The name oejibu literally means "a jibu on the outside". The name originates from the Jangnyewon, a government office that adjudicated disputes over the ownership of slaves. The public officials who decided disputes in the Jangnyewon were known in Goryeo dynasty times as the dogwan jibu, dogwan referring to the government office and jibu to their rank. The name oejibu thus referred to unofficial practitioners of such litigation, and by extension other litigation.

== Practice ==

The practice of the oejibu consisted largely of assisting people with composing petitions for submission to a state official, most commonly a local magistrate (suryeong). Litigation, consisting of adversarial petitions brought before a magistrate, was extremely common in the Joseon dynasty. Litigation over gravesite rights was especially frequent. Although there were no separate courts of law, the management of litigation was among the "seven fundamental affairs" of local magistrates as established in the Gyeongguk daejeon, as it had been among the "five fundamental affairs" under the preceding Goryeo dynasty.

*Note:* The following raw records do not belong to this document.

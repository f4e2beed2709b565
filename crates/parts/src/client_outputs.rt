//! What comes back in an operation.

ghost use Rattle.std.specs.Prelude.{IfOk};
ghost use Rattle.teec.specs.Operation.{IsSendable};

use crate::turns::{first, write};
use anyhow::{Context, Result, bail};
use base::Sequence;
use ns_ram::Lane;
use smc_port::{ListedPort, Turn};
use std::alloc::Global;
use ta_params::{Buf, CopiedParams, GpParam, Way};
use teec::{Client, Operation};

/// Writes the numbers 12 and 2^32 + 3 as those of the first parameter, 1 as the size of the second, and a byte of its memory.
fn writing(alloc: Global, a0: u32) -> Result<Turn> {
    let mut writes = Vec::new(alloc);
    writes.push(write(alloc, 0x4000_0028, &12u64.to_le_bytes())?)?;
    writes.push(write(alloc, 0x4000_0030, &0x1_0000_0003u64.to_le_bytes())?)?;
    writes.push(write(alloc, 0x4000_0050, &1u64.to_le_bytes())?)?;
    writes.push(write(alloc, 0x4011_0000, &[6])?)?;
    Ok(Turn {
        answer: first(a0),
        writes: Sequence::of(writes),
    })
}

/// A value that goes both ways, and an output of three bytes.
fn operation(alloc: Global) -> Result<Operation>
    ensures { IfOk result (λ op. IsSendable op) }
{
    let mut buf = Vec::new(alloc);
    buf.extend_from_slice(&[7, 8, 9])?;
    Ok(Operation {
        params: CopiedParams {
            p0: GpParam::Value {
                way: Way::Inout,
                a: 5,
                b: 7,
            },
            p1: GpParam::Memref {
                way: Way::Out,
                buf: Buf::of(buf),
                size: 3,
            },
            p2: GpParam::Empty,
            p3: GpParam::Empty,
        },
        cancel_after: None,
    })
}

/// The operation after an invoke that is answered this.
fn invoked(alloc: Global, a0: u32) -> Result<Operation> {
    let mut turns = Vec::new(alloc);
    turns.push(writing(alloc, a0)?)?;
    let port = ListedPort::new(alloc, Lane::new(alloc)?, turns);
    let mut client = Client::new(alloc, port, 1, 1);
    let mut op = operation(alloc)?;
    let _result = client.invoke(alloc, 1, 0, &mut op);
    Ok(op)
}

/// What comes back in an operation whose invoke is answered with this first register, as `outputs A0` has it: the numbers of
/// the value, the size of the buffer, and its bytes.
pub(crate) fn told(alloc: Global, row: &str) -> Result<String> {
    let a0 = u32::from_str_radix(row, 16)
        .ok()
        .context("reading an answer")?;
    let op = invoked(alloc, a0)?;
    let (GpParam::Value { a, b, .. }, GpParam::Memref { buf, size, .. }) = (
        &op.params.p0,
        &op.params.p1,
    ) else {
        bail!("the parameters have other types");
    };
    let digits = hex::encode(alloc, buf.bytes())?;
    format!(in alloc; "{a} {b} {size} {digits}").context("telling outputs")
}
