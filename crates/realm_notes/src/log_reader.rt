//! The log of a realm, read off the events of a journal one after the other, or whole.
ghost use Rattle.std.specs.Prelude.{◌≡◌, ◌≤◌, ◌^◌, [], ◌∷◌, ◌++◌, IfOk};
ghost use Rattle.std.specs.Option.{option_and_then, option_map};
ghost use Rattle.audit_model.specs.Verdicts.{CanBegin};
ghost use Rattle.event_journal.specs.Journal.{copied_bytes};
ghost use Rattle.journal_notes.specs.Booting.{IsApart};
ghost use Rattle.kernel_model.specs.Application.{booted};
ghost use Rattle.kernel_model.specs.Instances.{app_of};
ghost use Rattle.kernel_state.specs.Booting.{IsWithinLimits};
ghost use Rattle.kernel_state.specs.Meaning.{booted_of};
ghost use Rattle.kernel_state.specs.Setup.{application_of};
ghost use Rattle.native_tas.specs.Table.{entries};
ghost use Rattle.realm_model.specs.Reading.{noted};
ghost use Rattle.realm_notes.specs.Reading.{IsReader, IsReading, IsReadingOf, Reads, app_by, boot_of, events_of, its_realm, noted_by};
ghost use Rattle.realm_notes.specs.Realms.{realm_of};

use crate::log::{BoxedEntry, Logged};
use crate::notes::Notes;
use crate::realm::Realm;
use base::NoMemory;
use event_journal::Event;
use journal_notes::{Replay, read, read_all};
use kernel_state::Application;
use native_tas::Natives;
use std::alloc::Global;
use ta_isa::Boot;
use uuid::Uuid;

/// What reads the log of a realm off the events of a journal, one after the other: a core on which they are done again, and
/// what is noted of the realm.
#[derive(Drop)]
pub struct LogReader {
    pub(crate) replay: Replay,
    pub(crate) notes: Notes,
}

/// The application of this UUID, if there is one.
fn app_of(replay: &Replay, uuid: Option<Uuid>) -> Result<Option<Application>, NoMemory>
    ensures { IfOk result (λ app. option_and_then (app_of (booted_of replay.now.at_work.core)) uuid
        ≡ option_map application_of app) }
{
    match uuid {
        Some(uuid) => replay.at_work.core.parts.setup.application(&uuid),
        None => Ok(None),
    }
}

impl LogReader {
    /// Reads the log of the session of this number, off a journal of a core of this boot of which nothing is read so far.
    pub fn of_session(
        alloc: Global,
        boot: &Boot,
        natives: &Natives,
        session: u32,
    ) -> Result<LogReader, NoMemory>
        requires limits { IsWithinLimits boot.now }
        requires apart { IsApart boot.now (entries natives.now) }
        ensures { IfOk result (IsReadingOf (booted boot.now (entries natives.now)) [] (Realm.OneSession session)) }
    {
        let replay = Replay::new(alloc, boot, natives)?;
        let notes = Notes::new(alloc, Realm::OneSession(session));
        Ok(LogReader { replay, notes })
    }

    /// Reads the log of the sessions of this UUID's application, off a journal of a core of this boot of which nothing is read so
    /// far; `None` where the boot has no such application.
    pub fn of_sessions(
        alloc: Global,
        boot: &Boot,
        natives: &Natives,
        uuid: Uuid,
    ) -> Result<Option<LogReader>, NoMemory>
        requires limits { IsWithinLimits boot.now }
        requires apart { IsApart boot.now (entries natives.now) }
        ensures { IfOk result (IsReader (booted boot.now (entries natives.now)) uuid) }
    {
        let replay = Replay::new(alloc, boot, natives)?;
        let found = replay.at_work.core.parts.setup.application(&uuid)?;
        match found {
            Some(app) => {
                let notes = Notes::new(alloc, Realm::AllSessions(app));
                Ok(Some(LogReader { replay, notes }))
            }
            None => Ok(None),
        }
    }

    /// Whose log it reads.
    pub fn realm(&self) -> &Realm
        ensures { result.now ≡ its_realm self.now }
    {
        &self.notes.realm
    }

    /// Reads an event: what it adds to the realm's log; `None` where it can't have come next. After that, and after want of
    /// memory, the reader is of no further use.
    pub fn reads(
        &mut self,
        alloc: Global,
        event: &Event,
    ) -> Result<Option<Vec<BoxedEntry>>, NoMemory>
        requires reading { IsReading self.old }
        requires few { copied_bytes (events_of self.old ++ event.now ∷ []) ≤ 2 ^ 28 }
        ensures { Reads self.old self.new event.now result }
    {
        read(alloc, &mut self.replay, &mut self.notes, event)
    }

    /// Reads the events of a journal, of which nothing is read so far: the whole log.
    pub fn reads_all(&mut self, alloc: Global, events: &[Event]) -> Result<Vec<Logged>, NoMemory>
        requires can { CanBegin (boot_of self.old) events.now }
        requires few { copied_bytes events.now ≤ 2 ^ 28 }
        requires nothing { events_of self.old ≡ [] }
        requires reading { IsReading self.old }
        ensures reading { IfOk result (λ _. IsReadingOf (boot_of self.old) events.now (its_realm self.old) self.new) }
        ensures log { IfOk result (λ log. log.items ≡ (noted (boot_of self.old) events.now (realm_of (its_realm self.old))).log) }
    {
        read_all(alloc, &mut self.replay, &mut self.notes, events)
    }

    /// The realm's application: of one session, once its open has come in.
    pub fn into_app(self) -> Result<Option<Application>, NoMemory>
        requires { IsReading self }
        ensures { IfOk result (λ app. app_by (realm_of (its_realm self)) (boot_of self) (noted_by self) ≡ option_map application_of app) }
    {
        let LogReader { replay, notes } = self;
        let uuid = notes.uuid();
        match notes.into_realm() {
            Realm::OneSession(_) => app_of(&replay, uuid),
            Realm::AllSessions(app) => Ok(Some(app)),
        }
    }
}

Petitions under Joseon dynasty law had extensive formal requirements that were difficult for anyone without experience to comply with, and oejibu were sought out for this purpose. In early Joseon times oejibu also engaged in proxy litigation, appearing on others' behalf before the magistrate, although this practice was banned after 1478. Oejibu practiced largely in the Seoul area.

== Prohibition ==

Practicing as a oejibu was outlawed by royal decree in 1475, under the reign of King Seongjong, as Neo-Confucianism became established. The oejibu's work was seen as stirring up discord and contrary to the Confucian value of non-litigation (musong). Oejibu who were caught were subject to being banished to the border regions along with their entire household (jeon-ga sabyeon), a Korean punishment not found in the Five Punishments of traditional Chinese law.

There are few references to oejibu in historical records after the early 17th century. The last reference to them in the Veritable Records of the Joseon Dynasty was made in 1603, when a public official was convicted of acting as a oejibu. The ban on assisting others in litigation continued until 1905 under the Korean Empire, when a Western-style system of legal advocacy was adopted.

Despite the prohibition, the need of common people for assistance in preparing their petitions and rebuttals continued, and the activities of oejibu likely continued in secret. The Admonitions on Governing the People of Chŏng Yagyong in 1821, for example, mentioned commoners "borrowing the brushes" of others in order to get assistance in preparing complaints that would meet the magistrates' standards.

== Legacy ==

The role of the oejibu first came to modern attention through the scholarship of Korean legal historian Pak Pyŏng-ho in 1972.

A oejibu was the protagonist of the 2023 Korean historical drama Joseon Attorney.